_Problem statement_
Only the lines of the data below from the one with "file of a view." through the one with "let bundle = packed.output.bytes();" are wanted. Repeat them exactly.

_Records shown_
┌────────
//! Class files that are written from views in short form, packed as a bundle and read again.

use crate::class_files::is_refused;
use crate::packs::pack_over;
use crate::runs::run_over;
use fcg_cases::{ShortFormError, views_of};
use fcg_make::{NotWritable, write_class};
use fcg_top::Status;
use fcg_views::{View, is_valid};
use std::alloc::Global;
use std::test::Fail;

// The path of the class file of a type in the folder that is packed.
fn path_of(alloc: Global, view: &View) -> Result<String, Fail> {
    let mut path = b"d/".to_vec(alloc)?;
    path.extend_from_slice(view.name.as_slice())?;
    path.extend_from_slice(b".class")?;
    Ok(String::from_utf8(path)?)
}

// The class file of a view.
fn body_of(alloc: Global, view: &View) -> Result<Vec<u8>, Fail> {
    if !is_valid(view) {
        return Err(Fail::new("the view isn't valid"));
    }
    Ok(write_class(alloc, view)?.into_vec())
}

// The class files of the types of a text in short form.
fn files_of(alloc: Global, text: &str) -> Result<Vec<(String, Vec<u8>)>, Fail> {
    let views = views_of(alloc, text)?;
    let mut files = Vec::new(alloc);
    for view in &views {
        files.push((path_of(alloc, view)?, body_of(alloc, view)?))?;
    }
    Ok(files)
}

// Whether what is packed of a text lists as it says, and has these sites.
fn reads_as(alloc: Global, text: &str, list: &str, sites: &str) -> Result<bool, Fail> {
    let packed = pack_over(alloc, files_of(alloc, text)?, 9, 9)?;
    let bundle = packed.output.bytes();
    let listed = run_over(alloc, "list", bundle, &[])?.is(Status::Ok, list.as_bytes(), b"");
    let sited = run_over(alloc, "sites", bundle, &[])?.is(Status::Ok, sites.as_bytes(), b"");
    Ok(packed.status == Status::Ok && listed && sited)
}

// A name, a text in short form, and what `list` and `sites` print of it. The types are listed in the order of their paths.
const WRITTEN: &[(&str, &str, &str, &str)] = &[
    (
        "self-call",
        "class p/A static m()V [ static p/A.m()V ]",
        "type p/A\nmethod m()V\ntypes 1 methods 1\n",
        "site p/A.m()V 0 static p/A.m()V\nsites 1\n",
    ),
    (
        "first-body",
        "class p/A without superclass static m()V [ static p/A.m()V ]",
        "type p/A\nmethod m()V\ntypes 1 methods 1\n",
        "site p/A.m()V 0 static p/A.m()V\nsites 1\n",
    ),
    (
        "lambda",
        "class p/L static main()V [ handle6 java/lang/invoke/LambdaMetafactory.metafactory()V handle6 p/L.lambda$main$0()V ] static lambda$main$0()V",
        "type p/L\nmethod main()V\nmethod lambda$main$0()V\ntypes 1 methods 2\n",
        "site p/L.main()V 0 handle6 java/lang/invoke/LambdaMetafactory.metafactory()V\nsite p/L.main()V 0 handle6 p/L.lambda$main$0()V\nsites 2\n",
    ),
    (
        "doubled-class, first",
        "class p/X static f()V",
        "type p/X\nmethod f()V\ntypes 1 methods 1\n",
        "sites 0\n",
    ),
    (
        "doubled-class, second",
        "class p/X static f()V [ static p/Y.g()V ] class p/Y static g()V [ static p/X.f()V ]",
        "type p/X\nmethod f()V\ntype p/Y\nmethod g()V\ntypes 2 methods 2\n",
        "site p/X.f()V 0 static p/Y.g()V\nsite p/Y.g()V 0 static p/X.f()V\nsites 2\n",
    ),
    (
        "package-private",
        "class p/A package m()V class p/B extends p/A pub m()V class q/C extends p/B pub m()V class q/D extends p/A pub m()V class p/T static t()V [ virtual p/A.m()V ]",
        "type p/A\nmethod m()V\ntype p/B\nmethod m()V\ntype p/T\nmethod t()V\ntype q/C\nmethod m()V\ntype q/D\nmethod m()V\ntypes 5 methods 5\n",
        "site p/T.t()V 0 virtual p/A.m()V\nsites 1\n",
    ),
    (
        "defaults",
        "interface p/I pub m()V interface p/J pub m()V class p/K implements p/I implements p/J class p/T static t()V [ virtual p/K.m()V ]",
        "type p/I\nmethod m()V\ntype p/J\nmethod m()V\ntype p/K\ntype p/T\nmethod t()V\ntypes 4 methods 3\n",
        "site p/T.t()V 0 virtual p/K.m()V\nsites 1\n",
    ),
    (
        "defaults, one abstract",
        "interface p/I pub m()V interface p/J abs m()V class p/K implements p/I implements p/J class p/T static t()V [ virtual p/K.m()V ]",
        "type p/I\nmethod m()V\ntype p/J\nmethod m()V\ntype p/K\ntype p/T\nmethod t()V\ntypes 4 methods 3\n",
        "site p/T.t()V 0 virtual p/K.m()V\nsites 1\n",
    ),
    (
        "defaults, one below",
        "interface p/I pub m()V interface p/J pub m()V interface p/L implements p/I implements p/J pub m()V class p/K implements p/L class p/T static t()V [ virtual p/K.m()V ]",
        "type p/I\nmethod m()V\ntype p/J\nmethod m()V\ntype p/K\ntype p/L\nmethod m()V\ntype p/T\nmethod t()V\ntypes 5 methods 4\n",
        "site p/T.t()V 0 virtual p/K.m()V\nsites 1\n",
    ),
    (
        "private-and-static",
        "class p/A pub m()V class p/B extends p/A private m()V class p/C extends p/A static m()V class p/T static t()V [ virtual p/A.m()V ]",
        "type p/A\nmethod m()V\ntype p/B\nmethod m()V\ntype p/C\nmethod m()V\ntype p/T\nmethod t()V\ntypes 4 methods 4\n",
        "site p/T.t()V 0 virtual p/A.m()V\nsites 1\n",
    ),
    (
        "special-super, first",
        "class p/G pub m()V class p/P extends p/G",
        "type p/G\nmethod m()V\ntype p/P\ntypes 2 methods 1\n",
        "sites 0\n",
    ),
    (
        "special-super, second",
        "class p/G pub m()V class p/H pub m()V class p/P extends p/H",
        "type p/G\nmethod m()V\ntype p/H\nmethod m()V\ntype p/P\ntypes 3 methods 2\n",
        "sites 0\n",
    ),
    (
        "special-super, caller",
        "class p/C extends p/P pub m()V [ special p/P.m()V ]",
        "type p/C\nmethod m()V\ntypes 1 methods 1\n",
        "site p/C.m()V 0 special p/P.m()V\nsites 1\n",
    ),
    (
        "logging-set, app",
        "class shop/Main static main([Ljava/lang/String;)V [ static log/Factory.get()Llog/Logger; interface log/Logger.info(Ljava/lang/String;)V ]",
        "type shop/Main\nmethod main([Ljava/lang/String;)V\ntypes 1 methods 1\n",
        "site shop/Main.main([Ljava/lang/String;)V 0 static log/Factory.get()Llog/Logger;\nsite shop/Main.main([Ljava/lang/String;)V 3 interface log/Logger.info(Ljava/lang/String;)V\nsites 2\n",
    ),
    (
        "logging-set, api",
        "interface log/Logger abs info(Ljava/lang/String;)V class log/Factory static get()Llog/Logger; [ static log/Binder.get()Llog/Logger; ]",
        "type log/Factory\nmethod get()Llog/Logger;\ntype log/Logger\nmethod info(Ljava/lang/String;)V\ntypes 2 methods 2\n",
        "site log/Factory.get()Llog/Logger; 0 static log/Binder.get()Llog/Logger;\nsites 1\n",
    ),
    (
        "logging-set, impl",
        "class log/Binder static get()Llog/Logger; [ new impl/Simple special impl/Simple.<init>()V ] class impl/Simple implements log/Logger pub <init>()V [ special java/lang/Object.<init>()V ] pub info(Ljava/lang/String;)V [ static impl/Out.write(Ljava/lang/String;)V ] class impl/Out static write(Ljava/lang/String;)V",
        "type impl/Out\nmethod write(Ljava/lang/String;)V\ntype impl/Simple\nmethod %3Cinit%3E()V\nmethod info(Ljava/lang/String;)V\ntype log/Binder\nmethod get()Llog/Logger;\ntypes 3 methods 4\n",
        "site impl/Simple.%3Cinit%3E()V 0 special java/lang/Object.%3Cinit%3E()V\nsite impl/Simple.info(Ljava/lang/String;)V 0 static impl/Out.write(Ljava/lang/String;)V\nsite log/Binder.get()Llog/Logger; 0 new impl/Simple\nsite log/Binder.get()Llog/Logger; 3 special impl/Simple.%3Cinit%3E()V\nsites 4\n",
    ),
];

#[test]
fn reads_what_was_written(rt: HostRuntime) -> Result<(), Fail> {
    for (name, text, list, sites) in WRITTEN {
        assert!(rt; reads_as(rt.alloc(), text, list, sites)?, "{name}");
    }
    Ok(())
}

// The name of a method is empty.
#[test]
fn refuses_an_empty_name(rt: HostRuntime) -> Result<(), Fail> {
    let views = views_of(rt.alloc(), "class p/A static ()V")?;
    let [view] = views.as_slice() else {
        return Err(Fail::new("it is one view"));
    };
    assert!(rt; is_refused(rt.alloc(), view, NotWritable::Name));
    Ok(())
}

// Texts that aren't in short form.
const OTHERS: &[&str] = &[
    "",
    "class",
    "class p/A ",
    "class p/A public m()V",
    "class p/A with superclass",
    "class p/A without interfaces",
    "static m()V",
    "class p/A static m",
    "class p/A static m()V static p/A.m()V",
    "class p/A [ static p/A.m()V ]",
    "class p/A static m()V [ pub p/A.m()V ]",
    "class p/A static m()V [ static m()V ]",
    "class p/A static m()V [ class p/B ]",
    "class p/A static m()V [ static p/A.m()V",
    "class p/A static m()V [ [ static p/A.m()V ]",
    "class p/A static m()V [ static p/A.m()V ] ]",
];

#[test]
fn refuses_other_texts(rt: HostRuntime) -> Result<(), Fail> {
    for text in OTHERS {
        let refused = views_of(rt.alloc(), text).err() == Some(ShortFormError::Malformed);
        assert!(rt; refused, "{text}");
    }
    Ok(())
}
└────────
┌────────
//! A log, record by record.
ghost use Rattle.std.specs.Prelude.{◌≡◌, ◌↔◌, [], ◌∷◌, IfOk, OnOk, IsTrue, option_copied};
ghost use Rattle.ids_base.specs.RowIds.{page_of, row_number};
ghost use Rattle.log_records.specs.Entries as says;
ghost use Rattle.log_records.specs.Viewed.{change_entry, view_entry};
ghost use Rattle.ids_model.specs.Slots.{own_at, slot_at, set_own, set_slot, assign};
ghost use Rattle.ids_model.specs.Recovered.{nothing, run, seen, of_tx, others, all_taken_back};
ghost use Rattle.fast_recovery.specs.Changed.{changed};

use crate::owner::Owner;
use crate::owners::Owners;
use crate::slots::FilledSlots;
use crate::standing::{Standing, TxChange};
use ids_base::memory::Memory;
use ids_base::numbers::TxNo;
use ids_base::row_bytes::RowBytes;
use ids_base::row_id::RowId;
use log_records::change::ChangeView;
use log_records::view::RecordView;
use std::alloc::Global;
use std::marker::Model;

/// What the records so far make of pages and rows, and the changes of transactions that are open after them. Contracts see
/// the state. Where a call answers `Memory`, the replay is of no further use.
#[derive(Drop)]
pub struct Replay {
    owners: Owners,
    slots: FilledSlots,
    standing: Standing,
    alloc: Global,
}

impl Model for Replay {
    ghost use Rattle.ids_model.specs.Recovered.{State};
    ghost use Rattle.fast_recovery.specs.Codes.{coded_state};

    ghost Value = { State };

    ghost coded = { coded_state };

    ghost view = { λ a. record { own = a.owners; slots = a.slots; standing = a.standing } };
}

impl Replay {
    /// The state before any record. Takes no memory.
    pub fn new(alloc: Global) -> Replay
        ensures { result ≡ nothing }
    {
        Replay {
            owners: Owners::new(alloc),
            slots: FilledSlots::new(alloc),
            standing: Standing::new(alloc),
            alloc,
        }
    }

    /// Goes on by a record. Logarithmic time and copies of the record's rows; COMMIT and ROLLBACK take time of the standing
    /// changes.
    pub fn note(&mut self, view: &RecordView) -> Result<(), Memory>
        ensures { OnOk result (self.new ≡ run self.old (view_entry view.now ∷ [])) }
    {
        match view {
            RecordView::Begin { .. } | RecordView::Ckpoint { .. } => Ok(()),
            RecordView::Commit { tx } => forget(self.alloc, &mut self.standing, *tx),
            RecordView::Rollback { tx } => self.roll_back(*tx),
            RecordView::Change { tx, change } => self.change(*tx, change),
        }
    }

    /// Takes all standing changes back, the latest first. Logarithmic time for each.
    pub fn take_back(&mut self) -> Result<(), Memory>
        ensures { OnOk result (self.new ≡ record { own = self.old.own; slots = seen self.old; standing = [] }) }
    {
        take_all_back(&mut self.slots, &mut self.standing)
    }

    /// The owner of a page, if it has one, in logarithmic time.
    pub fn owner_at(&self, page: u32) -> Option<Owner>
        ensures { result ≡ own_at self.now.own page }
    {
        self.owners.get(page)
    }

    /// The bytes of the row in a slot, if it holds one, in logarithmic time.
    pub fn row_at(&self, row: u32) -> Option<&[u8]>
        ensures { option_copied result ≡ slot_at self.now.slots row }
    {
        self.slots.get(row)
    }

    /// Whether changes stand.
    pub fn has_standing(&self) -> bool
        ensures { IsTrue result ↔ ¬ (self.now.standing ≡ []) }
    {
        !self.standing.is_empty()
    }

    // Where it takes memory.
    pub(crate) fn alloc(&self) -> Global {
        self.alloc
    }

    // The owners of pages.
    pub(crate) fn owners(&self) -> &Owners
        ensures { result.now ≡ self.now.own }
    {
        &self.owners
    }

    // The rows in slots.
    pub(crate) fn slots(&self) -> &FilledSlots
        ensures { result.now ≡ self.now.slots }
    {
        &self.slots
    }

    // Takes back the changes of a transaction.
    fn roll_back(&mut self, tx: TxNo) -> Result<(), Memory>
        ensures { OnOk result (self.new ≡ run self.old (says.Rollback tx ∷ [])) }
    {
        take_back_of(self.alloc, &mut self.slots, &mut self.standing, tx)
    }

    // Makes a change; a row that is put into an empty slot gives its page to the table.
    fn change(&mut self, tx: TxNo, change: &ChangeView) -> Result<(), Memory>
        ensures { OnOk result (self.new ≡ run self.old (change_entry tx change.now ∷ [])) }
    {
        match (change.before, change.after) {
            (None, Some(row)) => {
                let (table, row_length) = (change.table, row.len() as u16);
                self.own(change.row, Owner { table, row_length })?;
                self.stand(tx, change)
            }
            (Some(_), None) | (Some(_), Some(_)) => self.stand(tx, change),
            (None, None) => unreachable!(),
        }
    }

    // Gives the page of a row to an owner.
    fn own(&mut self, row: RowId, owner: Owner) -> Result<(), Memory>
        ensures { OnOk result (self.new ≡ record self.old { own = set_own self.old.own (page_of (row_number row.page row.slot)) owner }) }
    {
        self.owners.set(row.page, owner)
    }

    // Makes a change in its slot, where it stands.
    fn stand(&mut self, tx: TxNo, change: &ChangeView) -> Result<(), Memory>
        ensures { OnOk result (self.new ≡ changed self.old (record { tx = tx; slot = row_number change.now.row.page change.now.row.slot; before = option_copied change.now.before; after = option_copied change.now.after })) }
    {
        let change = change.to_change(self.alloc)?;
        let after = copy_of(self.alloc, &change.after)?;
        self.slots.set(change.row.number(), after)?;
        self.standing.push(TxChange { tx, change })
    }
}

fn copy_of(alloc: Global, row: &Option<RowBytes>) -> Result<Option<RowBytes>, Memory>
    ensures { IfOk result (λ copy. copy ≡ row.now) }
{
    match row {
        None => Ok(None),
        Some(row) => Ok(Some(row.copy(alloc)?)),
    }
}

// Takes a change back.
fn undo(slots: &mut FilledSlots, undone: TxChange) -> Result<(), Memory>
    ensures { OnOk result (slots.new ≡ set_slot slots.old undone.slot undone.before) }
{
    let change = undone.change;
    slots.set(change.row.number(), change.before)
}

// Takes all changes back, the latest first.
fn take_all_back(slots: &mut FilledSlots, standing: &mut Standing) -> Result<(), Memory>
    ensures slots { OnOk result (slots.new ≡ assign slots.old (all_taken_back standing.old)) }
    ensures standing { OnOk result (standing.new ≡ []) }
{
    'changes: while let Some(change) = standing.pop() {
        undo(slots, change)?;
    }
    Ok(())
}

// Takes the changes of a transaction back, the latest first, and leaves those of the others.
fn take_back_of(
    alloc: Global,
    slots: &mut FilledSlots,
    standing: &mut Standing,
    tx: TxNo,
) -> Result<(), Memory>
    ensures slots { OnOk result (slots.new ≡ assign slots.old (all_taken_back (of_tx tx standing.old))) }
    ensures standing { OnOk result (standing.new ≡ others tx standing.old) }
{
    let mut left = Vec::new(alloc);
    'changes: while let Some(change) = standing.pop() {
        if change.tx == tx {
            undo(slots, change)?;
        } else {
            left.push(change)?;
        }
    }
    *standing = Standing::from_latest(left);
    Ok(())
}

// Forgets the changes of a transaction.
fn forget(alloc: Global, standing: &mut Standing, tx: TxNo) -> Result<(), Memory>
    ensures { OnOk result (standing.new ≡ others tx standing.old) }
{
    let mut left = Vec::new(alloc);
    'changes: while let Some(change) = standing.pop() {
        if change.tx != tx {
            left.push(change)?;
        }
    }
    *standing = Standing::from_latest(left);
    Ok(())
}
└────────
_Output below_
// The class file of a view.
fn body_of(alloc: Global, view: &View) -> Result<Vec<u8>, Fail> {
    if !is_valid(view) {
        return Err(Fail::new("the view isn't valid"));
    }
    Ok(write_class(alloc, view)?.into_vec())
}

// The class files of the types of a text in short form.
fn files_of(alloc: Global, text: &str) -> Result<Vec<(String, Vec<u8>)>, Fail> {
    let views = views_of(alloc, text)?;
    let mut files = Vec::new(alloc);
    for view in &views {
        files.push((path_of(alloc, view)?, body_of(alloc, view)?))?;
    }
    Ok(files)
}

// Whether what is packed of a text lists as it says, and has these sites.
fn reads_as(alloc: Global, text: &str, list: &str, sites: &str) -> Result<bool, Fail> {
    let packed = pack_over(alloc, files_of(alloc, text)?, 9, 9)?;
    let bundle = packed.output.bytes();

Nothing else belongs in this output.